# AIM OF THE EXERCISE:
Copy the lines below exactly. Start at the first and finish with the line containing "use crate::outcome::Walk;".
Start of INPUT DATA
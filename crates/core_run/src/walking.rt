// The walk of a list of entries.
ghost use Rattle.std.specs.Prelude.{◌≡◌, ◌<◌, ◌^◌, ◌-◌, length, replicate, [], IfOk};
ghost use Rattle.flow_code.specs.Settle.{IsRunnable};
ghost use Rattle.core_run.specs.Walks.{WalkIs};

use crate::finish::{have_ended, shown};
use crate::outcome::Walk;
use crate::start::{start_flows, start_words};
use crate::walker::make_part;
use flow_code::Code;
use rr_base::{Bytes, List};
use std::alloc::{AllocError, Global};
use sync_objects::{Entry, Setup};
use thread_interpreter::{Access, Formula};

// No accesses yet, for each thread.
fn start_reads(alloc: Global, slots: u8) -> Result<Vec<List<Access>>, AllocError>
    ensures { IfOk result (λ it. it.items ≡ replicate slots []) }
{
    let mut reads = Vec::new(alloc);
    for _k in 0..slots {
        reads.push(List::new(alloc))?;
    }
    Ok(reads)
}

/// The walk of the entries: one thread goes at a time, up to each entry in turn. It is `Done` or `Trapped` with what is
/// printed, the accesses that meet the formula (at most 262,144 of each thread) and how the threads have ended, or it is
/// `Wrong` at the first entry whose part isn't allowed, or at the number of entries if some thread has not ended.
pub fn walk(
    alloc: Global,
    code: &Code,
    setup: &Setup,
    entries: &List<Entry>,
    formula: &Formula,
) -> Result<Walk, AllocError>
    requires runnable { IsRunnable code.now }
    requires few { length entries.now < 2 ^ 32 - 1 }
    ensures { IfOk result (WalkIs code.now setup.now entries.now formula.now) }
{
    let slots = setup.slots();
    let cells = 2 * u32::from(slots) + code.globals.len() as u32 + u32::from(slots) * setup.cells();
    let mut flows = start_flows(alloc, code, setup)?;
    let mut words = start_words(alloc, code, setup)?;
    let mut reads = start_reads(alloc, slots)?;
    let mut out = Bytes::new(alloc);
    let mut at: u32 = 0;
    while (at as usize) < entries.len() {
        let entry = *entries.at(at as usize);
        let made = make_part(
            code, setup, &mut flows, &mut words, &mut reads, &mut out, cells, entry, formula,
        )?;
        if !made {
            return Ok(Walk::Wrong { at });
        }
        at += 1;
    }
    if !have_ended(&flows) {
        return Ok(Walk::Wrong { at });
    }
    shown(alloc, &flows, &reads, out)
}
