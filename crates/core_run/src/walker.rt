// The walk of a list of entries.
ghost use Rattle.std.specs.Prelude.{◌≡◌, ◌<◌, ◌≤◌, ◌^◌, ◌+◌, ◌-◌, length, IfOk, ℕ, slice_get};
ghost use Rattle.sync_objects.specs.Setup.{IsWithinLimits};
ghost use Rattle.flow_code.specs.Settle.{IsRunnable};
ghost use Rattle.core_run.specs.Machine.{Told};
ghost use Rattle.core_run.specs.Words.{cells_of};
ghost use Rattle.core_run.specs.Parts.{KeepsObjects, AreUsable};
ghost use Rattle.core_run.specs.Shown.{RunAll, IsShown, OwnStep, OwnSteps, EntryStep, PartStep, PartEndIs};
ghost use Rattle.thread_interpreter.specs.Flows.{Running};
ghost use Rattle.std.specs.Prelude.{Some};
ghost use Rattle.run_theory.specs.Steps.{State};
ghost use Rattle.std.specs.Prelude.{List as ListOf};
ghost use Rattle.thread_interpreter.specs.declared.access.Access.{Access as AccessOf};
ghost use Rattle.thread_interpreter.specs.declared.access.Formula.{Formula as FormulaOf};

use crate::making::make_entry;
use crate::outcome::PartEnd;
use crate::parts::{Made, Own, own_step};
use crate::reads::keep;
use flow_code::Code;
use rr_base::{Bytes, List};
use std::alloc::AllocError;
use sync_objects::{Entry, Setup};
use thread_interpreter::{Access, Flow, Formula};

// One own step of a thread that makes no entry, if its next is one.
fn own_step_in(
    code: &Code,
    setup: &Setup,
    flows: &mut Vec<Flow>,
    words: &mut Vec<u64>,
    reads: &mut Vec<List<Access>>,
    cells: u32,
    thread: u8,
    formula: &Formula,
) -> Result<PartEnd, AllocError>
    requires all { RunAll code.now setup.now 0 flows.old.items }
    requires thread { thread < length flows.old.items }
    requires reads { length reads.old.items ≡ length flows.old.items }
    requires cells { cells ≡ cells_of code.now setup.now }
    requires words { cells ≤ length words.old.items }
    ensures all { RunAll code.now setup.now 0 flows.new.items }
    ensures flows { length flows.new.items ≡ length flows.old.items }
    ensures reads { length reads.new.items ≡ length reads.old.items }
    ensures keeps { KeepsObjects cells words.old.items words.new.items }
    ensures step { (st : State Told) → IsShown formula.now flows.old.items words.old.items reads.old.items st → IfOk result (OwnStep code.now setup.now formula.now thread st flows.new.items words.new.items reads.new.items) }
{
    let _ = code;
    let _ = setup;
    let flow = &mut flows[usize::from(thread)];
    let own = own_step(flow, words, cells, thread)?;
    match own {
        Own::Stays => Ok(PartEnd::Refused),
        Own::Outside => Ok(PartEnd::Outside),
        Own::Marked => Ok(PartEnd::Made),
        Own::Accessed(access) => {
            keep(reads, thread, formula, access)?;
            Ok(PartEnd::Made)
        }
    }
}

// So many own steps of a thread that make no entry, if there are as many.
fn own_steps_in(
    code: &Code,
    setup: &Setup,
    flows: &mut Vec<Flow>,
    words: &mut Vec<u64>,
    reads: &mut Vec<List<Access>>,
    cells: u32,
    thread: u8,
    count: u32,
    formula: &Formula,
) -> Result<PartEnd, AllocError>
    requires all { RunAll code.now setup.now 0 flows.old.items }
    requires thread { thread < length flows.old.items }
    requires reads { length reads.old.items ≡ length flows.old.items }
    requires cells { cells ≡ cells_of code.now setup.now }
    requires words { cells ≤ length words.old.items }
    ensures all { RunAll code.now setup.now 0 flows.new.items }
    ensures flows { length flows.new.items ≡ length flows.old.items }
    ensures reads { length reads.new.items ≡ length reads.old.items }
    ensures keeps { KeepsObjects cells words.old.items words.new.items }
    ensures steps { (st : State Told) → IsShown formula.now flows.old.items words.old.items reads.old.items st → IfOk result (OwnSteps code.now setup.now formula.now count thread st flows.new.items words.new.items reads.new.items) }
{
    let mut left = count;
    while left > 0 {
        let end = own_step_in(code, setup, flows, words, reads, cells, thread, formula)?;
        match end {
            PartEnd::Made => {}
            PartEnd::Refused => return Ok(PartEnd::Refused),
            PartEnd::Outside => return Ok(PartEnd::Outside),
        }
        left -= 1;
    }
    Ok(PartEnd::Made)
}

// The operation that makes an entry, in its thread; what it prints is put after the bytes that are there.
fn make_in(
    code: &Code,
    setup: &Setup,
    flows: &mut Vec<Flow>,
    words: &mut Vec<u64>,
    out: &mut Bytes,
    cells: u32,
    entry: Entry,
) -> Result<bool, AllocError>
    requires runnable { IsRunnable code.now }
    requires limits { IsWithinLimits setup.now }
    requires small { entry.thread < 16 }
    requires all { RunAll code.now setup.now 0 flows.old.items }
    requires thread { entry.thread < length flows.old.items }
    requires cells { cells ≡ cells_of code.now setup.now }
    requires words { AreUsable code.now setup.now words.old.items }
    ensures all { RunAll code.now setup.now 0 flows.new.items }
    ensures flows { length flows.new.items ≡ length flows.old.items }
    ensures made { (f : FormulaOf) → (reads : ListOf (ListOf AccessOf)) → (st : State Told) → IsShown f flows.old.items words.old.items reads st → IfOk result (EntryStep code.now setup.now f entry st flows.new.items words.new.items reads out.old out.new) }
{
    let _ = code;
    let _ = setup;
    let flow = &mut flows[usize::from(entry.thread)];
    let made = make_entry(flow, words, cells, entry)?;
    match made {
        Made::Refused => Ok(false),
        Made::Silent => Ok(true),
        Made::Printed(bytes) => {
            out.extend_from_slice(bytes.as_slice())?;
            Ok(true)
        }
    }
}

fn count_in(flows: &[Flow], thread: u8) -> u32
    requires { thread < length flows.now }
    ensures { (r : Running) → slice_get flows.now thread ≡ Some r → result ≡ r.kept.thread.count }
{
    let flow = &flows[usize::from(thread)];
    flow.count()
}

/// The part of one entry in a walk: its thread goes alone up to the entry's count, and then makes the entry. `words`
/// are those of all cells and objects, and `reads` are the accesses that were kept of each thread. What is printed is
/// put after `out`. The answer tells whether the part is allowed, and if it isn't, whether that is for want of a cell.
pub fn walk_part(
    code: &Code,
    setup: &Setup,
    flows: &mut Vec<Flow>,
    words: &mut Vec<u64>,
    reads: &mut Vec<List<Access>>,
    out: &mut Bytes,
    cells: u32,
    entry: Entry,
    formula: &Formula,
) -> Result<PartEnd, AllocError>
    requires runnable { IsRunnable code.now }
    requires limits { IsWithinLimits setup.now }
    requires all { RunAll code.now setup.now 0 flows.old.items }
    requires threads { length flows.old.items ≡ setup.now.slots }
    requires reads { length reads.old.items ≡ length flows.old.items }
    requires cells { cells ≡ cells_of code.now setup.now }
    requires len { cells ≤ length words.old.items }
    requires words { AreUsable code.now setup.now words.old.items }
    ensures all { RunAll code.now setup.now 0 flows.new.items }
    ensures flows { length flows.new.items ≡ length flows.old.items }
    ensures reads { length reads.new.items ≡ length reads.old.items }
    ensures part { (st : State Told) → IsShown formula.now flows.old.items words.old.items reads.old.items st → IfOk result (PartEndIs code.now setup.now formula.now entry st flows.new.items words.new.items reads.new.items out.old out.new) }
{
    if usize::from(entry.thread) >= flows.len() {
        return Ok(PartEnd::Refused);
    }
    let count = entry.count.saturating_sub(count_in(flows, entry.thread));
    let end = own_steps_in(
        code,
        setup,
        flows,
        words,
        reads,
        cells,
        entry.thread,
        count,
        formula,
    )?;
    match end {
        PartEnd::Made => {}
        PartEnd::Refused => return Ok(PartEnd::Refused),
        PartEnd::Outside => return Ok(PartEnd::Outside),
    }
    let made = make_in(code, setup, flows, words, out, cells, entry)?;
    if made {
        Ok(PartEnd::Made)
    } else {
        Ok(PartEnd::Refused)
    }
}

/// The same, where it doesn't matter why: the answer is false exactly where the part isn't allowed.
pub fn make_part(
    code: &Code,
    setup: &Setup,
    flows: &mut Vec<Flow>,
    words: &mut Vec<u64>,
    reads: &mut Vec<List<Access>>,
    out: &mut Bytes,
    cells: u32,
    entry: Entry,
    formula: &Formula,
) -> Result<bool, AllocError>
    requires runnable { IsRunnable code.now }
    requires limits { IsWithinLimits setup.now }
    requires all { RunAll code.now setup.now 0 flows.old.items }
    requires threads { length flows.old.items ≡ setup.now.slots }
    requires reads { length reads.old.items ≡ length flows.old.items }
    requires cells { cells ≡ cells_of code.now setup.now }
    requires len { cells ≤ length words.old.items }
    requires words { AreUsable code.now setup.now words.old.items }
    ensures all { RunAll code.now setup.now 0 flows.new.items }
    ensures flows { length flows.new.items ≡ length flows.old.items }
    ensures reads { length reads.new.items ≡ length reads.old.items }
    ensures part { (st : State Told) → IsShown formula.now flows.old.items words.old.items reads.old.items st → IfOk result (PartStep code.now setup.now formula.now entry st flows.new.items words.new.items reads.new.items out.old out.new) }
{
    let end = walk_part(code, setup, flows, words, reads, out, cells, entry, formula)?;
    match end {
        PartEnd::Made => Ok(true),
        PartEnd::Refused => Ok(false),
        PartEnd::Outside => Ok(false),
    }
}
End of INPUT DATA
# RESULT OF THE TASK:
filename crates/core_run/src/walking.rt
// The walk of a list of entries.
ghost use Rattle.std.specs.Prelude.{◌≡◌, ◌<◌, ◌^◌, ◌-◌, length, replicate, [], IfOk};
ghost use Rattle.flow_code.specs.Settle.{IsRunnable};
ghost use Rattle.core_run.specs.Walks.{WalkIs};

use crate::finish::{have_ended, shown};
use crate::outcome::Walk;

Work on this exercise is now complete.